There are other, quick-and-dirty ways to debug, but I think the second one will let you proceed…
Also take another look at the docs for ColumnTransformer (notes about the transformers argument).
(Not knowing any of these APIs, I do wonder, can the custom function be a function defined on a whole dataframe?? Should it not be a function that is only defined on a scalar or series? The example in the FunctionTransformer doc also suggests this. The fit
function of the class will work on (certain cols of) a dataframe, but that does not imply that the defining function should/can take a dataframe.)
Found the source of the error. I misunderstood the implementation of a Function Transformer. It wraps a function which gets applied to every value in a given dataframe colums. One passes the given columns to the transformer and it returns the new column values.
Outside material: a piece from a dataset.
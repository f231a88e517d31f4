// The new file's reading when one cell is swapped: laws about the definitions of crate grammar. No code.
#![tactic(auto)]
In my implementation I assumed the underlying implementation provided unrestricted access to the entire dataframe - not true.
The second issue caused the error I saw. To execute the transformer in a pipeline, you pass it 3 parameters: 1. a descriptor of the step which can be used to identify the step. 2. The transformer to be executed at this step in the pipeline. 3. the columns of the dataframe to which the transformer must be applied.
I did not specify this third parameter for the Function Transformer and this caused the error. Once I corrected this I got a second error which indicated that the Function Transformer is broken.
So, my question is answered and now I need to relook my approach. But I guess that’s all in a day’s work.
I will certainly have a look at pdb, thank you for the tip.